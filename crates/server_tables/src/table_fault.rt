ghost use Rattle.std.specs.Prelude.{◌≡◌};
ghost use Rattle.server_tables.specs.declared.table_fault.TableFault.TheVariants.{NoMemory};

use std::alloc::{AllocError, AllocFailed};
use std::error::Error;
use std::fmt;

/// Why the tables don't take what is put in. They are then as before.
#[derive(Clone, Copy, Debug, PartialEq, Eq)]
pub enum TableFault {
    /// The label or the number is there already.
    Taken,
    /// Out of memory.
    NoMemory,
}

impl fmt::Display for TableFault {
    ghost use Rattle.std.specs.Prelude.{Some};
    ghost use Rattle.server_tables.specs.Texts.{table_fault_text};

    ghost output = { λ fault. Some (table_fault_text fault) };

    fn fmt<W: fmt::Write>(&self, f: &mut fmt::Formatter<W>) -> fmt::Result {
        match self {
            TableFault::Taken => f.write_str("the label or the number is there already"),
            TableFault::NoMemory => f.write_str("out of memory"),
        }
    }
}

impl Error for TableFault {}

impl From<AllocError> for TableFault {
    ghost from_gives = { λ _ e. e ≡ NoMemory };

    fn from(_e: AllocError) -> TableFault {
        TableFault::NoMemory
    }
}

impl<T: Drop> From<AllocFailed<T>> for TableFault {
    ghost from_gives = { λ _ e. e ≡ NoMemory };

    fn from(_e: AllocFailed<T>) -> TableFault {
        TableFault::NoMemory
    }
}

**PROBLEM REQUIREMENTS**.
Reproduce every record, making sure each one stays exactly the same.

**TASK ANSWER**.
filename crates/server_tables/src/table_fault.rt
ghost use Rattle.std.specs.Prelude.{◌≡◌};
ghost use Rattle.server_tables.specs.declared.table_fault.TableFault.TheVariants.{NoMemory};

use std::alloc::{AllocError, AllocFailed};
use std::error::Error;
use std::fmt;

/// Why the tables don't take what is put in. They are then as before.
#[derive(Clone, Copy, Debug, PartialEq, Eq)]
pub enum TableFault {
    /// The label or the number is there already.
    Taken,
    /// Out of memory.
    NoMemory,
}

impl fmt::Display for TableFault {
    ghost use Rattle.std.specs.Prelude.{Some};
    ghost use Rattle.server_tables.specs.Texts.{table_fault_text};

    ghost output = { λ fault. Some (table_fault_text fault) };

    fn fmt<W: fmt::Write>(&self, f: &mut fmt::Formatter<W>) -> fmt::Result {
        match self {
            TableFault::Taken => f.write_str("the label or the number is there already"),
            TableFault::NoMemory => f.write_str("out of memory"),
        }
    }
}

impl Error for TableFault {}

impl From<AllocError> for TableFault {
    ghost from_gives = { λ _ e. e ≡ NoMemory };

    fn from(_e: AllocError) -> TableFault {
        TableFault::NoMemory
    }
}

impl<T: Drop> From<AllocFailed<T>> for TableFault {
    ghost from_gives = { λ _ e. e ≡ NoMemory };

    fn from(_e: AllocFailed<T>) -> TableFault {
        TableFault::NoMemory
    }
}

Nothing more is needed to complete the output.